• TASK PROMPT: Write back each entry precisely as it is given.

• GIVEN RECORDS:
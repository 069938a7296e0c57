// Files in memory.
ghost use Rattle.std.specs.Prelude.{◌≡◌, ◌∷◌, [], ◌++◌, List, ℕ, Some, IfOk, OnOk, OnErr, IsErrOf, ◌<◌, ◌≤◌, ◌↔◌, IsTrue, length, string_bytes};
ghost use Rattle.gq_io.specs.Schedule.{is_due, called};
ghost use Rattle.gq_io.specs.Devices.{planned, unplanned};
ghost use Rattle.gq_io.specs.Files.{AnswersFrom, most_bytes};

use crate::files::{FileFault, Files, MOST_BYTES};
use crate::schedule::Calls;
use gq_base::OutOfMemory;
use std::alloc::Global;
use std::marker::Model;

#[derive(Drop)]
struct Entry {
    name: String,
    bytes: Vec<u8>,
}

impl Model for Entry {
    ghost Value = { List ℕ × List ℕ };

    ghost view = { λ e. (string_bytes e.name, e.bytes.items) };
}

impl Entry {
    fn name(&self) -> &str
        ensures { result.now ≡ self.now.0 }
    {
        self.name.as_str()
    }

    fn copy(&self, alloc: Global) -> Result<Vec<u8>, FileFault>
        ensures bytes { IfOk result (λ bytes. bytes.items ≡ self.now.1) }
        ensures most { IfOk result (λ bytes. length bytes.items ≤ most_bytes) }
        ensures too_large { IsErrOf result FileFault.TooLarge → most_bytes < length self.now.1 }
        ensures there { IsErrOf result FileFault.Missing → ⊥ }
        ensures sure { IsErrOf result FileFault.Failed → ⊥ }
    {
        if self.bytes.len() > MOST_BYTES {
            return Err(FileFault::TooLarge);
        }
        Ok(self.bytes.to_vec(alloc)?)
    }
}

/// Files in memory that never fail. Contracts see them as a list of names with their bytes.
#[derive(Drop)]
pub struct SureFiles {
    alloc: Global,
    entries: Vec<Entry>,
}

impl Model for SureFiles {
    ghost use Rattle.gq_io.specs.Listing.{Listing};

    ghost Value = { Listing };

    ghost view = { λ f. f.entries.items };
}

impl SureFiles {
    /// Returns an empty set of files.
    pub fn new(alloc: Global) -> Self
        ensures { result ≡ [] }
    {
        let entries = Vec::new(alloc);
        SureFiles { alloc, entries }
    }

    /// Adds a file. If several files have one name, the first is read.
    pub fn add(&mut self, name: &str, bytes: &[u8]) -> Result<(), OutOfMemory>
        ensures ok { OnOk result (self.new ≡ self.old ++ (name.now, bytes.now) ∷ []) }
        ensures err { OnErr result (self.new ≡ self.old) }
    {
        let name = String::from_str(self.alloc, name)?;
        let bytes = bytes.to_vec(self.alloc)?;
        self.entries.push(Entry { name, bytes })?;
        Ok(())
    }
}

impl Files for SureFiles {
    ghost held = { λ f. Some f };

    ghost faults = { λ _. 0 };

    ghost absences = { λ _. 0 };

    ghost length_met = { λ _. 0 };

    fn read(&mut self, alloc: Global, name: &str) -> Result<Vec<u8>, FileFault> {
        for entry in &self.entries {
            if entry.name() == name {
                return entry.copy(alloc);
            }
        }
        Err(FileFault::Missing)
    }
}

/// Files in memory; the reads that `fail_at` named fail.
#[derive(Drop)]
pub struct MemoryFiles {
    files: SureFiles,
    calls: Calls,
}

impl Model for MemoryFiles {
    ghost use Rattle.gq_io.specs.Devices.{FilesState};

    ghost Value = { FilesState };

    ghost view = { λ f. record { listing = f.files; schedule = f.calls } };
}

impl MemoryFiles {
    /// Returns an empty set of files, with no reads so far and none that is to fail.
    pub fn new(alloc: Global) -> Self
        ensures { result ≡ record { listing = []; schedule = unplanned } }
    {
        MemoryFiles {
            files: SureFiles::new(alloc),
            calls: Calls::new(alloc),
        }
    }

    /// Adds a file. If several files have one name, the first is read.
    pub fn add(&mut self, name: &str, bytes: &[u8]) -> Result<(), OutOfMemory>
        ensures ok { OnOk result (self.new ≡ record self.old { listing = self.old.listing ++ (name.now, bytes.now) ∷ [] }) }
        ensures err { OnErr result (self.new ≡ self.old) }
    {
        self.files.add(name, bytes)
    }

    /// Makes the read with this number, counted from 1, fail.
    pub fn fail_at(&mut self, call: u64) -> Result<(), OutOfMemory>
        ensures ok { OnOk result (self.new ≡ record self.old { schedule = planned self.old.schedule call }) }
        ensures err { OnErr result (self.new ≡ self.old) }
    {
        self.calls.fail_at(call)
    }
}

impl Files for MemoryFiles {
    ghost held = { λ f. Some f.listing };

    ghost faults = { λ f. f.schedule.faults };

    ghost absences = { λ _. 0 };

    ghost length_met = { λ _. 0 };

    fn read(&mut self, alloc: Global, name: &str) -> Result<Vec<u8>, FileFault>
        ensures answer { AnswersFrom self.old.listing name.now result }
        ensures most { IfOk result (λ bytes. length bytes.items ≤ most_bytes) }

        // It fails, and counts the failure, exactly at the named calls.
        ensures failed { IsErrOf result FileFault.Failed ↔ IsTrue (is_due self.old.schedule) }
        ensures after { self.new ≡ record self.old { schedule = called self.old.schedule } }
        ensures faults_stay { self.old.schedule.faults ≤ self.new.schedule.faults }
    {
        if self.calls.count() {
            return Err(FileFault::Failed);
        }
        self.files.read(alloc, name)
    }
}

• EXERCISE SOLUTION:
repository 069938a7296e0c57
// Files in memory.
ghost use Rattle.std.specs.Prelude.{◌≡◌, ◌∷◌, [], ◌++◌, List, ℕ, Some, IfOk, OnOk, OnErr, IsErrOf, ◌<◌, ◌≤◌, ◌↔◌, IsTrue, length, string_bytes};
ghost use Rattle.gq_io.specs.Schedule.{is_due, called};
ghost use Rattle.gq_io.specs.Devices.{planned, unplanned};
ghost use Rattle.gq_io.specs.Files.{AnswersFrom, most_bytes};

use crate::files::{FileFault, Files, MOST_BYTES};
use crate::schedule::Calls;
use gq_base::OutOfMemory;
use std::alloc::Global;
use std::marker::Model;

#[derive(Drop)]
struct Entry {
    name: String,
    bytes: Vec<u8>,
}

impl Model for Entry {
    ghost Value = { List ℕ × List ℕ };

    ghost view = { λ e. (string_bytes e.name, e.bytes.items) };
}

impl Entry {
    fn name(&self) -> &str
        ensures { result.now ≡ self.now.0 }
    {
        self.name.as_str()
    }

    fn copy(&self, alloc: Global) -> Result<Vec<u8>, FileFault>
        ensures bytes { IfOk result (λ bytes. bytes.items ≡ self.now.1) }
        ensures most { IfOk result (λ bytes. length bytes.items ≤ most_bytes) }
        ensures too_large { IsErrOf result FileFault.TooLarge → most_bytes < length self.now.1 }
        ensures there { IsErrOf result FileFault.Missing → ⊥ }
        ensures sure { IsErrOf result FileFault.Failed → ⊥ }
    {
        if self.bytes.len() > MOST_BYTES {
            return Err(FileFault::TooLarge);
        }
        Ok(self.bytes.to_vec(alloc)?)
    }
}

/// Files in memory that never fail. Contracts see them as a list of names with their bytes.
#[derive(Drop)]
pub struct SureFiles {
    alloc: Global,
    entries: Vec<Entry>,
}

impl Model for SureFiles {
    ghost use Rattle.gq_io.specs.Listing.{Listing};

    ghost Value = { Listing };

    ghost view = { λ f. f.entries.items };
}

impl SureFiles {
    /// Returns an empty set of files.
    pub fn new(alloc: Global) -> Self
        ensures { result ≡ [] }
    {
        let entries = Vec::new(alloc);
        SureFiles { alloc, entries }
    }

    /// Adds a file. If several files have one name, the first is read.
    pub fn add(&mut self, name: &str, bytes: &[u8]) -> Result<(), OutOfMemory>
        ensures ok { OnOk result (self.new ≡ self.old ++ (name.now, bytes.now) ∷ []) }
        ensures err { OnErr result (self.new ≡ self.old) }
    {
        let name = String::from_str(self.alloc, name)?;
        let bytes = bytes.to_vec(self.alloc)?;
        self.entries.push(Entry { name, bytes })?;
        Ok(())
    }
}

impl Files for SureFiles {
    ghost held = { λ f. Some f };

    ghost faults = { λ _. 0 };

    ghost absences = { λ _. 0 };

    ghost length_met = { λ _. 0 };

    fn read(&mut self, alloc: Global, name: &str) -> Result<Vec<u8>, FileFault> {
        for entry in &self.entries {
            if entry.name() == name {
                return entry.copy(alloc);
            }
        }
        Err(FileFault::Missing)
    }
}

/// Files in memory; the reads that `fail_at` named fail.
#[derive(Drop)]
pub struct MemoryFiles {
    files: SureFiles,
    calls: Calls,
}

impl Model for MemoryFiles {
    ghost use Rattle.gq_io.specs.Devices.{FilesState};

    ghost Value = { FilesState };

    ghost view = { λ f. record { listing = f.files; schedule = f.calls } };
}

impl MemoryFiles {
    /// Returns an empty set of files, with no reads so far and none that is to fail.
    pub fn new(alloc: Global) -> Self
        ensures { result ≡ record { listing = []; schedule = unplanned } }
    {
        MemoryFiles {
            files: SureFiles::new(alloc),
            calls: Calls::new(alloc),
        }
    }

    /// Adds a file. If several files have one name, the first is read.
    pub fn add(&mut self, name: &str, bytes: &[u8]) -> Result<(), OutOfMemory>
        ensures ok { OnOk result (self.new ≡ record self.old { listing = self.old.listing ++ (name.now, bytes.now) ∷ [] }) }
        ensures err { OnErr result (self.new ≡ self.old) }
    {
        self.files.add(name, bytes)
    }

    /// Makes the read with this number, counted from 1, fail.
    pub fn fail_at(&mut self, call: u64) -> Result<(), OutOfMemory>
        ensures ok { OnOk result (self.new ≡ record self.old { schedule = planned self.old.schedule call }) }
        ensures err { OnErr result (self.new ≡ self.old) }
    {
        self.calls.fail_at(call)
    }
}

impl Files for MemoryFiles {
    ghost held = { λ f. Some f.listing };

    ghost faults = { λ f. f.schedule.faults };

    ghost absences = { λ _. 0 };

    ghost length_met = { λ _. 0 };

    fn read(&mut self, alloc: Global, name: &str) -> Result<Vec<u8>, FileFault>
        ensures answer { AnswersFrom self.old.listing name.now result }
        ensures most { IfOk result (λ bytes. length bytes.items ≤ most_bytes) }

        // It fails, and counts the failure, exactly at the named calls.
        ensures failed { IsErrOf result FileFault.Failed ↔ IsTrue (is_due self.old.schedule) }
        ensures after { self.new ≡ record self.old { schedule = called self.old.schedule } }
        ensures faults_stay { self.old.schedule.faults ≤ self.new.schedule.faults }
    {
        if self.calls.count() {
            return Err(FileFault::Failed);
        }
        self.files.read(alloc, name)
    }
}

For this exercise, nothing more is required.